Back to (sad) reality #

This is a great achievement, but let’s be honest, it’s uncommon to filter nginx logs by referer or user_agent. Those fields can be useful during analysis but most queries filter by time e.g. “show me the access logs from the last hour”. Let’s have a quick look at the compression ratio in this more typical scenario.

Let’s create the table with time_local as the first ordering key. To reduce the effect of high cardinality in timestamps, we can round the values to a coarser time unit (avoiding the cardinality issues) — for example, by day.


-- Create table
CREATE TABLE logs_blog.nginx_column_tuple_optimized_types_time_sort
(
    `remote_addr` IPv4,
    `remote_user` LowCardinality(String),
    `time_local` DateTime CODEC(Delta(4), ZSTD(1)),
    `request_type` LowCardinality(String),
    `request_path` String CODEC(ZSTD(6)),
    `request_protocol` LowCardinality(String),
    `status` UInt16,
    `size` UInt32,
    `referer` String CODEC(ZSTD(6)),
    `user_agent` LowCardinality(String)
)
ORDER BY (toStartOfDay(time_local), referer, user_agent, remote_user, request_path);

-- Ingest data
INSERT INTO logs_blog.nginx_column_tuple_optimized_types_time_sort SELECT * FROM logs_blog.nginx_column_tuple_optimized_types_sort;

-- Check size
SELECT
    `table`,
    formatReadableSize(sum(data_compressed_bytes)) AS compressed_size,
    formatReadableSize(sum(data_uncompressed_bytes)) AS uncompressed_size
FROM system.columns
WHERE `table` = 'nginx_column_tuple_optimized_types_time_sort'
GROUP BY `table`
FORMAT VERTICAL

Row 1:
──────
table:             nginx_column_tuple_optimized_types_time_sort
compressed_size:   380.82 MiB
uncompressed_size: 9.76 GiB

The result isn’t as strong; we reach only about 50x compression in this case. This shows how much the choice of ordering key affects overall compression efficiency.

Quick summary #

Applying our ideas to compress raw logs efficiently, we achieved a 178x compression rate. Below is a table that summarizes all the experiments and their results.

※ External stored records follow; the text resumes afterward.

// The image of a map in lent slices: label entries, values, and the words of the level-order bits.
#![tactic(auto)]

mod acceptance;
mod breadth_first;
mod buffers;
mod entries;
mod word_test;

ghost use Rattle.std.specs.Prelude.{◌≡◌, ◌↔◌, [], ◌∷◌};
ghost use Rattle.image.specs.Accept.{OfMap};
ghost use Rattle.image.specs.AcceptTest.{image_test};
ghost use Rattle.image.specs.Meaning.{lent_image};
ghost use Rattle.image.specs.AcceptAnswer.{accepted_if, said_checked, accept_says};
ghost use Rattle.image.specs.Build.{said_built, build_says, build_labels, build_values, build_words, build_scratch};
ghost use Rattle.image.specs.Build.{of_lent};

use crate::breadth_first::write_levels;
use crate::buffers::buffers_fit;
use crate::entries::write_entries;
pub use acceptance::{is_image, lengths_fit};
pub use buffers::words_for;
pub use entries::MARK;
use keymap::Refusal;
use pool::soundness::check_sound;
use records::words::used_count;

// Refuses slices that are no map's image. It only reads.
pub fn accept(labels: &[u16], values: &[u32], words: &[u64]) -> Result<(), Refusal>
    ensures tested { result ≡ accepted_if (image_test (lent_image labels values words)) }
    ensures answer { said_checked result ≡ accept_says (lent_image labels values words) }
    ensures of_map { (said_checked result ≡ 0 ∷ []) ↔ OfMap (lent_image labels values words) }
{
    if !is_image(labels, values, words) {
        return Err(Refusal::NotAnImage);
    }
    Ok(())
}

// Writes the image of the pool's map, and the level order of its records to the scratch slice. The pool is only read,
// longer buffers keep their tails. A refusal writes nothing.
pub fn build(
    pool: &[u32],
    labels: &mut [u16],
    values: &mut [u32],
    words: &mut [u64],
    scratch: &mut [u32],
) -> Result<u32, Refusal>
    ensures answer { said_built result ≡ of_lent (build_says pool.now) labels values words scratch }
    ensures labels { labels.new ≡ of_lent (build_labels pool.now) labels values words scratch }
    ensures values { values.new ≡ of_lent (build_values pool.now) labels values words scratch }
    ensures words { words.new ≡ of_lent (build_words pool.now) labels values words scratch }
    ensures scratch { scratch.new ≡ of_lent (build_scratch pool.now) labels values words scratch }
{
    check_sound(pool)?;
    let n = used_count(pool);
    if !buffers_fit(n, labels.len(), values.len(), words.len(), scratch.len()) {
        return Err(Refusal::OutTooSmall);
    }
    write_levels(pool, n, words, scratch);
    write_entries(pool, scratch, n, labels, values);
    Ok(n)
}
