// A turn: the first seat that can go on runs for a slice, on its own parts of the buffers that all
// seats share.
#![tactic(auto)]

ghost use Rattle.std.specs.Prelude.{◌≡◌, ◌≤◌, ◌<◌, length};
ghost use Rattle.seats.specs.Room.{max_seats};
ghost use Rattle.seats.specs.Turn.{turn_call, max_slice};
ghost use Rattle.seats.specs.internal.Places.{SeatPlaces};
ghost use Rattle.scheduling.specs.Numbers.{room_of};
ghost use Rattle.seating.specs.Reports.{TurnedAs};
ghost use Rattle.seating.specs.internal.SeatRuns.{SeatRan, report_by};

use machine::{Reached, run_steps};
use scheduling::lengths::begin_of;
use scheduling::places::{seat_after, state_at, with_seat};
use scheduling::refusals::check_call;
use scheduling::search::next_seat;
use scheduling::{SeatLengths, SeatNumbers};
use seats::{SeatTurn, TurnRefusal};
use slices::BANK_SIZE;

// What a turn hands back: its answer, and the seats as they are after it.
#[derive(Clone, Copy)]
pub struct TurnReport {
    pub answer: Result<Option<SeatTurn>, TurnRefusal>,
    pub seats: SeatNumbers,
}

// Seat i's slice: its own parts of the buffers are lent to a run, the roll continued where it ends.
fn run_seat(
    opcodes: &[u8],
    arguments: &[u8],
    keys: &[u8],
    ram: &mut [u8],
    stack: &mut [u8],
    rolls: &mut [u16],
    lengths: SeatLengths,
    slice: u32,
    i: usize,
    seats: SeatNumbers,
) -> Reached
    requires seat_places { SeatPlaces (room_of opcodes.now arguments.now keys.now ram.old stack.old rolls.old lengths seats) i }
    requires i_lt_max_seats { (i < max_seats) × (slice ≤ max_slice) }
    ensures { (length seats.0 ≡ max_seats) × SeatRan (room_of opcodes.now arguments.now keys.now ram.old stack.old rolls.old lengths seats) i slice result ram.new stack.new rolls.new }
{
    let bank = BANK_SIZE * i;
    let key_lengths = lengths.0;
    let roll_lengths = lengths.1;
    let states = seats.0;
    let positions = seats.1;
    let first_key = begin_of(key_lengths, i);
    let first_word = begin_of(roll_lengths, i);
    let start = state_at(states, i);
    run_steps(
        &opcodes[bank..bank + BANK_SIZE],
        &arguments[bank..bank + BANK_SIZE],
        &keys[first_key..first_key + key_lengths[i]],
        &mut ram[bank..bank + BANK_SIZE],
        &mut stack[bank..bank + BANK_SIZE],
        &mut rolls[first_word..first_word + roll_lengths[i]],
        slice,
        positions[i],
        start,
    )
}

// The report of a turn in which no seat ran: the seats are as they were.
fn idle(answer: Result<Option<SeatTurn>, TurnRefusal>, seats: SeatNumbers) -> TurnReport
    ensures { result ≡ record { answer = answer; seats = seats } }
{
    TurnReport { answer, seats }
}

// The report of a turn in which seat i ran.
fn seat_report(i: usize, next: usize, reached: Reached, seats: SeatNumbers) -> TurnReport
    requires { i < max_seats }
    ensures { result ≡ report_by i next reached.ran reached.state seats }
{
    let ran = reached.ran;
    TurnReport {
        answer: Ok(Some(SeatTurn {
            seat: i,
            next,
            stop: ran.stop,
            steps: ran.steps,
            cycles: ran.cycles,
        })),
        seats: with_seat(seats, i, reached.state, ran.words),
    }
}

// One turn of n seats, from a given seat on (modulo the seats), for a slice of steps: the seat that
// ran and the seat after it, or that none can go on, or a refusal that leaves everything as it was.
pub fn turn(
    n: usize,
    slice: u32,
    from: usize,
    opcodes: &[u8],
    arguments: &[u8],
    keys: &[u8],
    ram: &mut [u8],
    stack: &mut [u8],
    rolls: &mut [u16],
    lengths: SeatLengths,
    seats: SeatNumbers,
) -> TurnReport
    ensures { TurnedAs (turn_call n slice from) (room_of opcodes.now arguments.now keys.now ram.old stack.old rolls.old lengths seats) seats result ram.new stack.new rolls.new }
{
    if let Err(refusal) = check_call(
        n, slice, opcodes, arguments, keys, ram, stack, rolls, lengths, seats,
    ) {
        return idle(Err(refusal), seats);
    }
    let Some(i) = next_seat(opcodes, lengths, n, from % n, seats) else {
        return idle(Ok(None), seats);
    };
    let next = seat_after(n, i);
    let reached = run_seat(
        opcodes, arguments, keys, ram, stack, rolls, lengths, slice, i, seats,
    );
    seat_report(i, next, reached, seats)
}
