//! That the acts that have a text are just those that are parsed: laws, the contracts of functions that do nothing.
#![tactic(auto)]

ghost use Rattle.strip_written.specs.Laws.{ParsedActsAreWritten, WrittenActsAreParsed};

/// What an act that has a text is printed as is parsed as that act.
pub fn written_acts_are_parsed()
    ensures { WrittenActsAreParsed }
{}

/// An act that some bytes are parsed as has a text.
pub fn parsed_acts_are_written()
    ensures { ParsedActsAreWritten }
{}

Name	Storage	Compression	Size (in bytes)	Size (human)	Ratio
nginx-66.log	local	None	21237294480	20G	1.00
nginx-66.log.gz	local	GZIP	672053616	641M	31.60
nginx_raw	Clickhouse	Uncompressed	21673487121	20.19 GiB	0.98
nginx_raw	Clickhouse	Compressed	603582977	575.62 MiB	35.19
nginx_column_tuple	Clickhouse	Compressed	1387994151	1.29 GiB	15.30
optimized_types	Clickhouse	Compressed	229027241	218.42 MiB	92.73
optimized_types_sort	Clickhouse	Compressed	118984801	109.12 MiB	178.49
optimized_types_sort_time	Clickhouse	Compressed	402837184	380.82 MiB	52.71

Conclusion #

Storing logs at very high compression ratios is challenging, but columnar databases like ClickHouse make it achievable. By converting raw logs into a structured format, storing each field using efficient data types, and ordering data to cluster similar values together, we can reach impressive levels of compression. While this layout may not always be ideal for query performance, it’s an excellent option when the goal is to retain log data in the most space-efficient form possible.

In this post, we showed how columnar storage enables best-in-class log compression, improving I/O efficiency, speeding up queries, and lowering storage costs. Using Nginx access logs as an example, we achieved more than 170x compression.